Julia Kaye, staff attorney at the ACLU Reproductive Freedom Project: 
“The Supreme Court has again turned its back on the Constitution and permitted Texas’s bounty-hunter scheme to continue, leaving only a thin legal path forward for Texas abortion providers desperate to care for their patients. The impact of this betrayal will stretch far beyond Texas, where lawmakers are already introducing copycat bounty-hunter bills designed to eliminate all abortions within their borders. There is no doubt that, because of this ruling, thousands more people will be forced to flee their home states in pursuit of vital medical care, and countless others will be forced to continue pregnancies against their will—especially communities of color and those with fewer resources. But make no mistake: Today it’s abortion rights that have been targeted; tomorrow it could be any other freedom people hold dear.”  
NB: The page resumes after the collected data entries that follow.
// The units of styles.
ghost use Rattle.std.specs.Prelude.{◌≡◌, ◌+◌, ◌≤◌, ◌<◌, ◌^◌, ◌++◌, ◌∷◌, [], length, IfOk, OnOk};
ghost use Rattle.tx_units.specs.Units.{loaded_units, absent_unit, named_units, style_units, nodes_made};

use crate::documents::{paragraphs, style_names};
use crate::kinds::{Unit, UnitKind};
use crate::tags::{label, tag, words};
use std::alloc::Global;
use std::sync::ledger::Ledger;
use tx_base::{Memory, Steps};
use tx_doc::{Buffer, number_of};
use tx_tree::{Text, Tree};

// Adds the paragraphs of the style in buffer k, which has this tree.
fn add_loaded(alloc: Global, units: &mut Vec<Unit>, k: u32, t: &Tree) -> Result<(), Memory>
    ensures { OnOk result (units.new.items ≡ units.old.items ++ loaded_units k t.now) }
{
    let all = paragraphs(alloc, t)?;
    for paragraph in all {
        units.push(Unit::new(UnitKind::Style(k), paragraph.share()?))?;
    }
    Ok(())
}

// The error in place of a style that isn't loaded.
fn absent_unit<L: Ledger>(alloc: Global, name: &Text, steps: &mut Steps<L>) -> Result<Unit, Memory>
    ensures ok { IfOk result (λ u. u ≡ absent_unit name.now) }
    ensures counted { steps.new ≤ steps.old + 1 }
{
    let _bytes = name.bytes();
    let kind = words(alloc, "undefined-style")?;
    let detail = Tree::leaf(alloc, name.copy()?)?;
    let children = vec![in alloc; kind, detail]?;
    let tree = tag(alloc, label(alloc, "error")?, children, steps)?;
    Ok(Unit::new(UnitKind::Absent, tree))
}

// Adds what a name gives.
fn add_named<L: Ledger>(
    alloc: Global,
    units: &mut Vec<Unit>,
    styles: &[Buffer],
    name: &Text,
    steps: &mut Steps<L>,
) -> Result<(), Memory>
    requires { length styles.now + 1 < 2 ^ 32 }
    ensures ok { OnOk result (units.new.items ≡ units.old.items ++ named_units styles.now name.now) }
    ensures counted { steps.new ≤ steps.old + nodes_made (named_units styles.now name.now) }
{
    if name.bytes() == b"generic".as_slice() {
        return Ok(());
    }
    match number_of(styles, name.bytes()) {
        Some(k) => add_loaded(alloc, units, k as u32 + 1, &styles[k].tree),
        None => {
            units.push(absent_unit(alloc, name, steps)?)?;
            Ok(())
        }
    }
}

/// Adds the units of the styles that the document names.
pub(crate) fn add_styles<L: Ledger>(
    alloc: Global,
    units: &mut Vec<Unit>,
    document: &Tree,
    styles: &[Buffer],
    steps: &mut Steps<L>,
) -> Result<(), Memory>
    requires { length styles.now + 1 < 2 ^ 32 }
    ensures ok { OnOk result (units.new.items ≡ units.old.items ++ style_units document.now styles.now) }
    ensures counted { steps.new ≤ steps.old + nodes_made (style_units document.now styles.now) }
{
    let names = style_names(alloc, document)?;
    let each = names.as_slice();
    for name in each {
        add_named(alloc, units, styles, name, steps)?;
    }
    Ok(())
}
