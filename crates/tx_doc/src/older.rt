// Old documents, in which macros are called by `expand` and `apply`, and their modern form.
ghost use Rattle.std.specs.Prelude.{◌≡◌, ◌≤◌, ◌+◌, ◌++◌, map, IfOk, OnOk};
ghost use Rattle.std.specs.Prelude.{MatchOption, Some, None, IfSome, option_map};
ghost use Rattle.tx_tree.specs.Labels.{IsLabel, is_label_byte};
ghost use Rattle.std.specs.List.{list_all};
ghost use Rattle.tx_tree.specs.Limits.{IsWellFormed, IsWithinLimits};
ghost use Rattle.tx_tree.specs.WideTree.{node, forest, nodes_of, total_nodes, deepest};
ghost use Rattle.tx_doc.specs.Modern.{version_text, is_old, is_call, is_label, without_calls, modern};
ghost use Rattle.tx_doc.specs.Calls.{IsNamed, IsCalled};

use crate::bodies::is_labelled;
use crate::versions::is_old_version;
use std::alloc::Global;
use std::sync::ledger::Ledger;
use tx_base::{Memory, Steps};
use tx_tree::{
    Label, LabelFault, MOST_LABEL, Text, Tree, TreeFault, is_label_byte, share_onto, shares,
};

// The text that says the version of a document.
fn version_text(t: &Tree) -> Option<&Text>
    ensures { MatchOption result (version_text t.now ≡ None) (λ text. version_text t.now ≡ Some text.now) }
{
    for child in t.children() {
        if is_labelled(child, b"TeXmacs") {
            return match child.child(0) {
                Some(first) => first.text(),
                None => None,
            };
        }
    }
    None
}

// Whether the tree is an old document.
fn is_old(alloc: Global, t: &Tree) -> Result<bool, Memory>
    ensures { IfOk result (λ old. old ≡ is_old t.now) }
{
    if !is_labelled(t, b"document") {
        return Ok(false);
    }
    match version_text(t) {
        Some(text) => is_old_version(alloc, text.bytes()),
        None => Ok(false),
    }
}

fn is_call(label: &[u8]) -> bool
    ensures { result ≡ is_call label.now }
{
    label == b"expand".as_slice() || label == b"apply".as_slice()
}

fn all_label_bytes(bytes: &[u8]) -> bool
    ensures { result ≡ list_all is_label_byte bytes.now }
{
    bytes.iter().all(|byte| is_label_byte(*byte))
}

// Whether the bytes are a label.
fn is_label(bytes: &[u8]) -> bool
    ensures { result ≡ is_label bytes.now }
{
    !bytes.is_empty() && bytes.len() <= MOST_LABEL && all_label_bytes(bytes)
}

// The macro that a node of this label calls, if it is a call and this is its first child.
fn named<'a>(label: &[u8], first: &'a Tree) -> Option<&'a [u8]>
    ensures named { IsNamed label.now first.now (option_map (λ name. name.now) result) }
    ensures label { IfSome result (λ name. IsLabel name.now) }
{
    let Some(text) = first.text() else {
        return None;
    };
    let bytes = text.bytes();
    if is_call(label) && is_label(bytes) {
        Some(bytes)
    } else {
        None
    }
}

// The label and the children of a node of these, where it is no call any more.
fn called<'a>(label: &'a [u8], children: &'a [Tree]) -> (&'a [u8], &'a [Tree])
    requires { IsLabel label.now }
    ensures { IsCalled label.now children.now result.0.now result.1.now }
{
    let mut name = label;
    for (i, child) in children.iter().enumerate() {
        let Some(macro_name) = named(name, child) else {
            return (name, &children[i..]);
        };
        name = macro_name;
    }
    (name, &children[children.len()..])
}

// The label of these bytes, which shares those of this label if it has the same.
fn label_of(alloc: Global, own: &Label, bytes: &[u8]) -> Result<Label, Memory>
    requires { IsLabel bytes.now }
    ensures { IfOk result (λ label. label ≡ bytes.now) }
{
    if own.bytes() == bytes {
        return own.copy();
    }
    match Label::new(alloc, bytes) {
        Ok(label) => Ok(label),
        Err(LabelFault::Memory) => Err(Memory),
        Err(_) => unreachable!(),
    }
}

// The node of this label and these children.
#[tactic(auto, using(crate::proofs::Making::out_of_memory, std::proofs::lemmas::Grind::common_steps))]
fn node_of<L: Ledger>(
    alloc: Global,
    label: Label,
    children: Vec<Tree>,
    steps: &mut Steps<L>,
) -> Result<Tree, Memory>
    requires { IsWithinLimits (node label (forest children.items)) }
    ensures made { IfOk result (λ t. t ≡ node label (forest children.items)) }
    ensures counted { steps.new ≡ steps.old + 1 }
{
    match Tree::node(alloc, label, children, steps) {
        Ok(tree) => Ok(tree),
        Err(TreeFault::Memory) => Err(Memory),
        Err(_) => unreachable!(),
    }
}

// The node of this label and of all these trees without calls. `all` is None where they have none.
fn node_without<L: Ledger>(
    alloc: Global,
    label: Label,
    trees: &[Tree],
    all: Option<Vec<Tree>>,
    steps: &mut Steps<L>,
) -> Result<Tree, Memory>
    requires all { MatchOption all (map without_calls trees.now ≡ trees.now)
        (λ v. v.items ≡ map without_calls trees.now) }
    requires within { IsWithinLimits (node label (forest (map without_calls trees.now))) }
    ensures made { IfOk result (λ t. t ≡ node label (forest (map without_calls trees.now))) }
    ensures counted { steps.new ≤ steps.old + 1 }
{
    let children = match all {
        Some(all) => all,
        None => shares(alloc, trees)?,
    };
    node_of(alloc, label, children, steps)
}

// The trees without calls at the end of a list.
#[cycle(calls)]
fn add_changed<L: Ledger>(
    alloc: Global,
    trees: &[Tree],
    all: &mut Vec<Tree>,
    steps: &mut Steps<L>,
) -> Result<(), Memory>
    ensures made { OnOk result (all.new.items ≡ all.old.items ++ map without_calls trees.now) }
    ensures counted { steps.new ≤ steps.old + total_nodes (forest trees.now) }
{
    for tree in trees {
        match changed(alloc, tree, steps)? {
            Some(new) => all.push(new)?,
            None => all.push(tree.share()?)?,
        }
    }
    Ok(())
}

// The trees without calls, or None where none of them has one.
#[cycle(calls)]
fn all_changed<L: Ledger>(
    alloc: Global,
    trees: &[Tree],
    steps: &mut Steps<L>,
) -> Result<Option<Vec<Tree>>, Memory>
    ensures made { IfOk result (λ all. MatchOption all (map without_calls trees.now ≡ trees.now)
        (λ v. v.items ≡ map without_calls trees.now)) }
    ensures counted { steps.new ≤ steps.old + total_nodes (forest trees.now) }
{
    for (i, tree) in trees.iter().enumerate() {
        if let Some(new) = changed(alloc, tree, steps)? {
            let mut all = Vec::with_capacity(alloc, trees.len())?;
            share_onto(&mut all, &trees[..i])?;
            all.push(new)?;
            add_changed(alloc, &trees[i + 1..], &mut all, steps)?;
            return Ok(Some(all));
        }
    }
    Ok(None)
}

// The tree without calls, or None where it has none. Each node that is looked at is a step.
#[cycle(calls)]
fn changed<L: Ledger>(alloc: Global, t: &Tree, steps: &mut Steps<L>) -> Result<Option<Tree>, Memory>
    ensures made { IfOk result (λ u. MatchOption u (without_calls t.now ≡ t.now) (λ v. without_calls t.now ≡ v)) }
    ensures counted { steps.new ≤ steps.old + nodes_of t.now }
{
    let Some(label) = t.label() else {
        return Ok(None);
    };
    let children = t.children();
    let (name, others) = called(label.bytes(), children);
    let all = all_changed(alloc, others, steps)?;
    if all.is_none() && others.len() == children.len() {
        steps.tick();
        return Ok(None);
    }
    let _depth = t.depth();
    let label = label_of(alloc, label, name)?;
    let new = node_without(alloc, label, others, all, steps)?;
    Ok(Some(new))
}

/// The modern form of a tree that was read from a file.
///
/// A tree is old where its root is a `document` whose first child `TeXmacs` has a text as its first child, and this
/// text is a version before 1.0.2: numbers of one to nine digits, with points between them. In old documents a macro is
/// called by `(expand "name" ..)` or `(apply "name" ..)`. The modern form has `(name ..)` in place of each such node
/// whose first child is a text that is a label, as often as it is one. Every other tree is its own modern form.
///
/// Subtrees without such a node are shared. Each node is a step.
pub fn modern<L: Ledger>(alloc: Global, t: &Tree, steps: &mut Steps<L>) -> Result<Tree, Memory>
    ensures modern { IfOk result (λ u. u ≡ modern t.now) }
    ensures counted { steps.new ≤ steps.old + nodes_of t.now }
{
    if !is_old(alloc, t)? {
        return Ok(t.share()?);
    }
    match changed(alloc, t, steps)? {
        Some(new) => Ok(new),
        None => Ok(t.share()?),
    }
}

/// A law: the modern form of a tree is its own modern form. It is well formed and within the limits.
pub fn modern_law(t: &Tree)
    ensures again { modern (modern t.now) ≡ modern t.now }
    ensures well_formed { IsWellFormed (modern t.now) }
    ensures within { IsWithinLimits (modern t.now) }
{
    let _size = t.size();
}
Amy Hagstrom Miller, president and CEO of Whole Woman’s Health and Whole Woman’s Health Alliance:     
“Texans deserve better than this. This ban will have lasting effects on Texan communities for decades to come. We’ve had to turn hundreds of patients away since this ban took effect, and there is no end in sight. For nearly 50 years, the Supreme Court has said that abortion is protected by our Constitution, yet they are allowing Texans to be denied that right. This is not okay.” 
     
Nancy Northup, president and CEO of the Center for Reproductive Rights:     
“It’s stunning that the Supreme Court has essentially said that federal courts cannot stop this bounty-hunter scheme enacted to blatantly deny Texans their constitutional right to abortion. The Court has abandoned its duty to ensure that states do not defy its decisions. For 100 days now, this 6-week ban has been in effect, and today’s ruling means there is no end in sight. Pregnant people will continue to live in a state of panic and uncertainty. This bounty-hunting scheme could be used by other states not only to deny abortion access, but also to deny any court rulings they disagree with from marriage equality to voting rights and more. We will continue to seek justice in the shred of the case that the Court has allowed to go forward and seek every other legal means to stop this catastrophic law. The Senate needs to pass the Women’s Health Protection Act immediately to restore the constitutional right to abortion in Texas and stop it before it spreads to other states.” 
 
Alexis McGill Johnson, president and CEO of Planned Parenthood Federation of America:  
“Once again, the Supreme Court has abandoned the people of Texas. This has gone on far too long — as Justice Sotomayor said today, the Supreme Court should have put an end to this months ago and failed to do so again today. While the Court did not put a complete end to our legal challenge, its failure to stop Texas’s deliberate nullification of the constitutional right to abortion within its borders makes the Court complicit in widespread chaos and harm to Texans, and responsible for giving the green light for other states to circumvent the constitution through copycat laws. Planned Parenthood will continue to stand by our patients and fight against this law with movement partners — no matter how long it takes.” 
 
Rupali Sharma, Senior Counsel and Project Director at the Lawyering Project: 
“This is a disheartening ruling, not only for Texans and abortion rights, but for those who value the rule of law.  Our legal system forbids politicians from skirting judicial review of laws attacking fundamental rights and today’s ruling provides a narrow path forward. Texans seeking abortion care are entitled to the same liberty, equality, and dignity as every other resident of this country, and we will continue to stand with our partners until this cruel law is invalidated.”